Algorithm development and the clinical and economic burden of Cushing's disease in a large US health plan database.

PubMed

Burton, Tanya; Le Nestour, Elisabeth; Neary, Maureen; Ludlam, William H

2016-04-01

This study aimed to develop an algorithm to identify patients with CD, and quantify the clinical and economic burden that patients with CD face compared to CD-free controls. A retrospective cohort study of CD patients was conducted in a large US commercial health plan database between 1/1/2007 and 12/31/2011. A control group with no evidence of CD during the same time was matched 1:3 based on demographics. Comorbidity rates were compared using Poisson and health care costs were compared using robust variance estimation.
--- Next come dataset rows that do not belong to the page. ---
// The images of transcripts, by their names.
use cms_images::hello::{ERASE_EXEC, HELLO, LONG, MARKED, NO_LABEL, TYPE_EXEC, three};
use cms_images::{
    Edit, SmallFile, edited, image_named, many_files, put_edits, small_volume, wide_volume,
};
use cms_world::MemWorld;
use std::alloc::{AllocError, Global};
use std::process::Abort;

const TEXTS: &[SmallFile] = &[
    SmallFile {
        name: "ALPHA",
        kind: "TEXT",
        number: 1,
        fixed: true,
        records: &["HELLO", "WORLD"],
    },
    SmallFile {
        name: "BETA",
        kind: "DATA",
        number: 2,
        fixed: false,
        records: &["A", "BC", "DEF", "GHIJ"],
    },
    SmallFile {
        name: "ALSO",
        kind: "TEXT",
        number: 0,
        fixed: false,
        records: &["X"],
    },
];

const FIRST: &[SmallFile] = &[
    SmallFile {
        name: "AB",
        kind: "FILE",
        number: 1,
        fixed: false,
        records: &["FIRST"],
    },
    SmallFile {
        name: "AC",
        kind: "FILE",
        number: 1,
        fixed: false,
        records: &["OTHER"],
    },
    SmallFile {
        name: "AD",
        kind: "FILE",
        number: 1,
        fixed: false,
        records: &["THIRD"],
    },
    SmallFile {
        name: "BX",
        kind: "FILE",
        number: 1,
        fixed: false,
        records: &["AGAIN"],
    },
];

const SECOND: &[SmallFile] = &[
    SmallFile {
        name: "A",
        kind: "FILE",
        number: 1,
        fixed: false,
        records: &["FIRST"],
    },
    SmallFile {
        name: "AZ",
        kind: "FORM",
        number: 1,
        fixed: false,
        records: &["OTHER"],
    },
];

const HIDDEN: &[SmallFile] = &[
    SmallFile {
        name: "P",
        kind: "PRIV",
        number: 0,
        fixed: false,
        records: &["X"],
    },
    SmallFile {
        name: "Q",
        kind: "OPEN",
        number: 1,
        fixed: false,
        records: &["Y"],
    },
];

// Files whose records are commands that ask for the records behind them.
const CARDS: &[SmallFile] = &[
    SmallFile {
        name: "JOB",
        kind: "TEXT",
        number: 1,
        fixed: false,
        records: &["EXECIO 2 DISKW OUT FILE A", "  LEADING", "TRAILING  "],
    },
    SmallFile {
        name: "BLANKS",
        kind: "TEXT",
        number: 1,
        fixed: false,
        records: &["EXECIO 2 DISKW GAP FILE A", "   ", "X"],
    },
    SmallFile {
        name: "BACK",
        kind: "TEXT",
        number: 1,
        fixed: false,
        records: &["SECOND", "FIRST", "EXECIO 2 DISKW TURN FILE A"],
    },
    SmallFile {
        name: "FIXED",
        kind: "DATA",
        number: 1,
        fixed: true,
        records: &["ONE    ", "TWO    ", "       "],
    },
];

// Files of mode number 3, and one of number 4.
const ONCE: &[SmallFile] = &[
    SmallFile {
        name: "P",
        kind: "FILE",
        number: 3,
        fixed: false,
        records: &["X", "Y"],
    },
    SmallFile {
        name: "W",
        kind: "FILE",
        number: 3,
        fixed: true,
        records: &["ONE  ", "TWO  ", "THREE"],
    },
    SmallFile {
        name: "K",
        kind: "FILE",
        number: 4,
        fixed: false,
        records: &["X"],
    },
];

const LETTERS: &[SmallFile] = &[SmallFile {
    name: "L",
    kind: "FILE",
    number: 1,
    fixed: false,
    records: &["AB ", "CDEF", "G"],
}];

const FOUR: &[SmallFile] = &[
    SmallFile {
        name: "F1",
        kind: "D",
        number: 1,
        fixed: false,
        records: &["HELLO"],
    },
    SmallFile {
        name: "F2",
        kind: "D",
        number: 1,
        fixed: false,
        records: &["HELLO"],
    },
    SmallFile {
        name: "F3",
        kind: "D",
        number: 1,
        fixed: false,
        records: &["HELLO"],
    },
    SmallFile {
        name: "F4",
        kind: "D",
        number: 1,
        fixed: false,
        records: &["HELLO"],
    },
];

const FIVE: &[SmallFile] = &[
    SmallFile {
        name: "A",
        kind: "FILE",
        number: 1,
        fixed: false,
        records: &["HELLO"],
    },
    SmallFile {
        name: "B",
        kind: "FILE",
        number: 1,
        fixed: false,
        records: &["HELLO"],
    },
    SmallFile {
        name: "C",
        kind: "FILE",
        number: 1,
        fixed: false,
        records: &["HELLO"],
    },
    SmallFile {
        name: "D",
        kind: "FILE",
        number: 1,
        fixed: false,
        records: &["HELLO"],
    },
    SmallFile {
        name: "E",
        kind: "FILE",
        number: 1,
        fixed: false,
        records: &["HELLO"],
    },
];

// HELLO TEXT has mode number 0.
const HIDDEN_HELLO: &[Edit] = &[(4, 152, &[0xC1, 0xF0])];

// Its records are told by their lengths, which they haven't: it is no volume.
const VARYING: &[Edit] = &[(4, 158, &[0xE5])];

// X Y in its place, with the record ON2.
const ON_SECOND: &[Edit] = &[
    (4, 128, &[0xE7, 0x40, 0x40, 0x40, 0x40, 0x40, 0x40, 0x40]),
    (4, 136, &[0xE8, 0x40, 0x40, 0x40, 0x40, 0x40, 0x40, 0x40]),
    (4, 160, &[0, 0, 0, 3]),
    (4, 176, &[0, 0, 0, 1]),
    (7, 0, &[0xD6, 0xD5, 0xF2]),
];

// And with the record ON3.
const ON_THIRD: &[Edit] = &[
    (4, 128, &[0xE7, 0x40, 0x40, 0x40, 0x40, 0x40, 0x40, 0x40]),
    (4, 136, &[0xE8, 0x40, 0x40, 0x40, 0x40, 0x40, 0x40, 0x40]),
    (4, 160, &[0, 0, 0, 3]),
    (4, 176, &[0, 0, 0, 1]),
    (7, 0, &[0xD6, 0xD5, 0xF3]),
];

// The root block of B FILE is that of A FILE.
const ONE_ROOT: &[Edit] = &[(4, 232, &[0, 0, 0, 7])];

// No entry of the directory of one file has the flag of the years from 2000 on, as in an older volume.
const LAST_CENTURY: &[Edit] = &[(5, 31, &[0]), (5, 95, &[0]), (5, 159, &[0])];

// Its file is of 29 February 1900.
const LEAP_DAY: &[Edit] = &[
    (5, 159, &[0]),
    (5, 182, &[0x00, 0x02, 0x29, 0x23, 0x59, 0x59]),
];

// Of five files of the last second of 1999 four are of other times: 1900, 1969, 1970, and 29 February 1900.
const DATED: &[Edit] = &[
    (4, 182, &[0x00, 0x01, 0x01, 0x00, 0x00, 0x00]),
    (4, 246, &[0x69, 0x07, 0x20, 0x20, 0x17, 0x40]),
    (4, 310, &[0x70, 0x01, 0x01, 0x00, 0x00, 0x00]),
    (4, 438, &[0x00, 0x02, 0x29, 0x23, 0x59, 0x59]),
];

// Neither has an entry of the long directory, in its two blocks.
const BEFORE_2000: &[Edit] = &[
    (4, 31, &[0]),
    (4, 95, &[0]),
    (4, 159, &[0]),
    (4, 223, &[0]),
    (4, 287, &[0]),
    (4, 351, &[0]),
    (4, 415, &[0]),
    (4, 479, &[0]),
    (8, 31, &[0]),
];

// Block 9 is marked, and no file has it.
const LAST_MARKED: &[Edit] = &[(6, 1, &[0x80])];

// The first record of V FILE is of stars up to its last byte.
const STARS: &[Edit] = &[(7, 2, &[0x5C; 508])];

// Of its bytes the five behind the 250th are blanks.
const STARS_AND_BLANKS: &[Edit] = &[(7, 2, &[0x5C; 508]), (7, 252, &[0x40; 5])];

// No block of a small volume is free.
const NONE_FREE: &[Edit] = &[(6, 0, &[0xFF; 3])];

// All blocks but the last five, or the last six, are marked.
const FOUR_FREE: &[Edit] = &[(6, 0, &[0xFF; 512]), (7, 0, &[0xF0])];

const FIVE_FREE: &[Edit] = &[(6, 0, &[0xFF; 512]), (7, 0, &[0xE0])];

// What is changed in an image, by its name.
fn changes(name: &str) -> &'static [Edit] {
    match name {
        "no label" => NO_LABEL,
        "all marked" => MARKED,
        "last century" => LAST_CENTURY,
        "leap day" => LEAP_DAY,
        "dated" => DATED,
        "before 2000" => BEFORE_2000,
        "last marked" => LAST_MARKED,
        "hidden" => HIDDEN_HELLO,
        "varying" => VARYING,
        "TYPE EXEC" => TYPE_EXEC,
        "ERASE EXEC" => ERASE_EXEC,
        "on second" => ON_SECOND,
        "on third" => ON_THIRD,
        "one root" => ONE_ROOT,
        "stars" => STARS,
        "stars and blanks" => STARS_AND_BLANKS,
        "none free" => NONE_FREE,
        "four free" => FOUR_FREE,
        "five free" => FIVE_FREE,
        _ => &[],
    }
}

// The files of a small volume, by its name.
fn files(name: &str) -> &'static [SmallFile] {
    match name {
        "rows" => FIRST,
        "second" => SECOND,
        "hidden" => HIDDEN,
        "cards" => CARDS,
        "once" => ONCE,
        "letters" => LETTERS,
        "four files" => FOUR,
        "five files" => FIVE,
        "texts" => TEXTS,
        _ => &[],
    }
}

// An image before it is changed.
fn original(alloc: Global, name: &str) -> Result<Vec<u8>, AllocError> {
    match name {
        "empty"
        | "one file"
        | "two files"
        | "full"
        | "spanning"
        | "long directory"
        | "long directory on 20"
        | "hello" => image_named(alloc, name),
        "three hellos" => three(alloc),
        "long records" => edited(alloc, 20, &[HELLO, LONG]),
        "wide" => wide_volume(alloc),
        "many of 512" => many_files(alloc, 512, 4096, 6),
        "many of 1024" => many_files(alloc, 1024, 8192, 14),
        "many of 2048" => many_files(alloc, 2048, 38, 30),
        "many of 4096" => many_files(alloc, 4096, 70, 62),
        _ => small_volume(alloc, "TEST01", files(name)),
    }
}

/// An image by its name, behind which stands behind a comma what is changed in it, or that it is cut off behind its eighth block.
pub fn image(alloc: Global, name: &str) -> Result<Vec<u8>, AllocError> {
    let (name, changed) = name.split_once(", ").unwrap_or((name, ""));
    let mut image = original(alloc, name)?;
    put_edits(image.as_mut_slice(), changes(changed));
    if changed == "cut" {
        image.truncate(8 * 512);
    }
    Ok(image)
}

// Adds an image of a name to those of a world.
fn add_image<R: Abort>(world: &mut MemWorld, rt: &R, alloc: Global, letter: &str, name: &str) {
    let image = image(alloc, name).expect(rt, "memory");
    world.add_image(letter, &image).expect(rt, "memory")
}

// Adds the images A, B and C.
fn add_images<R: Abort>(world: &mut MemWorld, rt: &R, alloc: Global, names: &str) {
    let (first, others) = names.split_once(" + ").unwrap_or((names, "second"));
    let (second, third) = others.split_once(" + ").unwrap_or((others, "one file"));
    add_image(world, rt, alloc, "A", first);
    add_image(world, rt, alloc, "B", second);
    add_image(world, rt, alloc, "C", third)
}

/// A world with the images A, B and C, whose names stand between plus signs; they are a volume without files where a name is none that is
/// known here, and where names are left out a second volume and one with A FILE. It has none where the name begins with `new`.
pub fn world_at<R: Abort>(
    rt: &R,
    alloc: Global,
    names: &str,
    script: &str,
    start: i64,
) -> MemWorld {
    let mut world = MemWorld::new(alloc, script.as_bytes(), start).expect(rt, "memory");
    if !names.starts_with("new") {
        add_images(&mut world, rt, alloc, names);
    }
    world
}

/// The first second of the year 2000, behind 1970-01-01 00:00:00.
pub const YEAR_2000: i64 = 946_684_800;

/// The same; the clock says that second.
pub fn world_named<R: Abort>(rt: &R, alloc: Global, names: &str, script: &str) -> MemWorld {
    world_at(rt, alloc, names, script, YEAR_2000)
}

/// The words of the program by which the first two of these images are units that may be written.
pub const WORDS: &str = "191,512,rw,A 192,512,rw,B";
A case-finding algorithm identified 877 CD patients, who were matched to 2631 CD-free controls. The age and sex distribution of the selected population matched the known epidemiology of CD. CD patients were found to have comorbidity rates that were two to five times higher and health care costs that were four to seven times higher than CD-free controls. An algorithm based on eight pituitary conditions and procedures appeared to identify CD patients in a claims database without a unique diagnosis code. Young CD patients had high rates of comorbidities that are more commonly observed in an older population (e.g., diabetes, hypertension, and cardiovascular disease). Observed health care costs were also high for CD patients compared to CD-free controls, but may have been even higher if the sample had included healthier controls with no health care use as well. Earlier diagnosis, improved surgery success rates, and better treatments may all help to reduce the chronic comorbidity and high health care costs associated with CD.